遠慮会釈
読み方:えんりょえしゃく
「遠慮会釈」の意味
慎みや礼儀、相手への気配りを意味する言葉です。
多くは「遠慮会釈もない」「遠慮会釈もなく」という否定の形で、相手に配慮したり手加減したりせず、強く行動する様子を表します。
人の言動だけでなく、風雨などの激しさについて使うこともあります。
「遠慮会釈」の語源・由来
「遠慮」と「会釈」という、相手への慎みや配慮にかかわる二つの語を重ねた表現です。
このうち「会釈」は、もとは仏教語「和会通釈(わえつうしゃく)」の略です。
異なって見える教えを照らし合わせ、矛盾しないように意味を明らかにすることを指しました。
そこから、さまざまな事情を考え合わせること、相手に気を配って応対することなどへ意味が広がりました。

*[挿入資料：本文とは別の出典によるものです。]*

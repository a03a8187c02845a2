//! Layouts without their axes of length 1.

ghost use Rattle.std.specs.Prelude.{◌≡◌, ◌<◌, length};
ghost use Rattle.nd_layout.specs.LayoutStepsOfCalls.{placement_of, HasLengthsSqueezedAt, HasStridesSqueezedAt, IsStepSqueezedAt, HasSqueezedLengths, HasSqueezedStrides, IsSqueezedStep};

use super::Layout;
use super::invert_split_and_permute_axes::length_at;
use nd_shape_and_slice::{Dimension, DynStrides, IxDyn, StrideList};

impl Layout<IxDyn, DynStrides> {
    /// Returns the layout without `axis` if that has length 1 and isn't the only axis, and otherwise the same layout.
    fn squeezed_at(&self, axis: usize) -> Self
        requires { axis < length (⟦<IxDyn as Dimension>⟧.lengths self.now.dim) }
        ensures lengths { HasLengthsSqueezedAt (placement_of self.now) (placement_of result) axis }
        ensures step { IsStepSqueezedAt (placement_of self.now) (placement_of result) axis }
        ensures strides { HasStridesSqueezedAt (placement_of self.now) (placement_of result) axis }
        ensures offset { result.offset ≡ self.now.offset }
    {
        if length_at(self.dim.slice(), axis) == 1 && self.dim.ndim() > 1 {
            self.index_axis(axis, 0)
        } else {
            self.copied()
        }
    }

    /// Returns the layout without its axes of length 1. They are removed from the last axis on, and one axis always
    /// stays.
    pub fn squeezed(&self) -> Self
        ensures lengths { HasSqueezedLengths (placement_of self.now) (placement_of result) }
        ensures step { IsSqueezedStep (placement_of self.now) (placement_of result) }
        ensures strides { HasSqueezedStrides (placement_of self.now) (placement_of result) }
        ensures offset { result.offset ≡ self.now.offset }
    {
        let mut layout = self.copied();
        let mut axis = self.dim.ndim();
        while axis > 0 {
            axis -= 1;
            layout = layout.squeezed_at(axis);
        }
        layout
    }
}
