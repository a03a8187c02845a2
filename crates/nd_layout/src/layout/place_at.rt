//! Computing places from an offset, strides and an index.

ghost use Rattle.std.specs.Prelude.{◌↔◌, ◌≡◌, ◌<◌, ◌^◌, ℕ, false, IsTrue, List, length, pos, ◌+ℤ◌, ◌*ℤ◌};
ghost use Rattle.nd_shape_and_slice.specs.ShapesAndIndexOrders.{in_box, HasCheckedSize};
ghost use Rattle.nd_shape_and_slice.specs.PlacesAndOverlaps.{place_of};
ghost use Rattle.nd_layout.specs.ValidMemoryPlaces.{is_place, ReachesPlaces};

/// Returns whether `index` has one coordinate for each axis, each below the axis's length.
pub(crate) fn is_in_box(lengths: &[usize], index: &[usize]) -> bool
    ensures { IsTrue result ↔ IsTrue (in_box lengths.now index.now) }
{
    if lengths.len() != index.len() {
        return false;
    }
    for axis in 0..index.len() {
        if index[axis] >= lengths[axis] {
            return false;
        }
    }
    true
}

/// Returns the place that lies `steps` times `stride` after `place`.
pub(crate) fn moved_by(place: usize, steps: usize, stride: isize) -> usize
    requires from { place < 2 ^ 63 }
    requires few { steps < 2 ^ 63 }
    requires to { IsTrue (is_place (pos place +ℤ (pos steps *ℤ stride))) }
    ensures { pos result ≡ pos place +ℤ (pos steps *ℤ stride) }
{
    (place as isize + steps as isize * stride) as usize
}

/// Returns the place that lies `steps` times `stride` after `place`, or `place` itself if `stays` is true.
#[inline]
pub(crate) fn moved_unless(stays: bool, place: usize, steps: usize, stride: isize) -> usize
    requires from { stays ≡ false → place < 2 ^ 63 }
    requires few { stays ≡ false → steps < 2 ^ 63 }
    requires to { stays ≡ false → IsTrue (is_place (pos place +ℤ (pos steps *ℤ stride))) }
    ensures moved { stays ≡ false → pos result ≡ pos place +ℤ (pos steps *ℤ stride) }
    ensures kept { IsTrue stays → result ≡ place }
{
    if stays {
        place
    } else {
        moved_by(place, steps, stride)
    }
}

/// Returns the place of `index`, which must be an index of the shape.
pub(crate) fn place_at(
    offset: usize,
    lengths: &[usize],
    strides: &[isize],
    index: &[usize],
) -> usize
    requires as_many { length strides.now ≡ length lengths.now }
    requires checked { HasCheckedSize lengths.now }
    requires reach { ReachesPlaces offset lengths.now strides.now }
    requires inside { IsTrue (in_box lengths.now index.now) }
    ensures { pos result ≡ place_of offset strides.now index.now }
{
    let mut place = offset;
    for axis in 0..index.len() {
        place = moved_by(place, index[axis], strides[axis]);
    }
    place
}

「遠慮」は本来、遠い将来まで考えをめぐらすことを意味しましたが、日本語では古くから、人に対して言動を慎み控える意味でも使われています。
「遠慮会釈」の使い方
次のような型がよく使われます。
- 「遠慮会釈もなく〜」
後ろに動作を続けます。「遠慮会釈もなく批判する」「遠慮会釈もなく踏み込む」などの形です。「も」を入れず、「遠慮会釈なく〜」ともいいます。 - 「遠慮会釈のない〜」
後ろに「物言い」「追及」「態度」などを続けます。「遠慮会釈のない追及」「遠慮会釈のない態度」などと使います。
「遠慮会釈」の例文
- 記者たちは責任者に対して、遠慮会釈もなく厳しい質問を浴びせました。
- 夜になると北風が遠慮会釈なく吹きつけ、古い窓が何度も大きな音を立てました。
- 相手の事情を考えない彼の遠慮会釈のない言い方に、会議室の空気が険しくなりました。
「遠慮会釈」の類似表現
傍若無人(ぼうじゃくぶじん)
周囲の人を気にせず、勝手に振る舞う態度を表します。
「傍若無人な振る舞い」のように、その人の態度そのものを強く非難するときに向いています。
無遠慮(ぶえんりょ)
人への気兼ねや慎みがないことを表します。
「無遠慮な質問」「無遠慮に入り込む」のように使え、「遠慮会釈もない」より短く直接的な表現です。
「遠慮会釈」の古い用例
近松門左衛門の浄瑠璃『大経師昔暦』は正徳5年(1715)に初演された作品で、
「遠慮ゑしゃくもなふ」
という用例があります。
18世紀初めには、現在と同じく否定を伴う形が使われていたことが分かります。
宝暦3年(1753)刊の談義本『当風辻談義』には、
「遠慮会釈もあらばこそ」
とあります。
この用例では「会釈」まで漢字で記されており、江戸中期には現在と同じ「遠慮会釈」の表記が見られます。
「遠慮会釈」の間違いやすい使い方・表記
「遠慮会釈なく」は、好意的に「気兼ねせずに」という意味で勧める言い方には向きません。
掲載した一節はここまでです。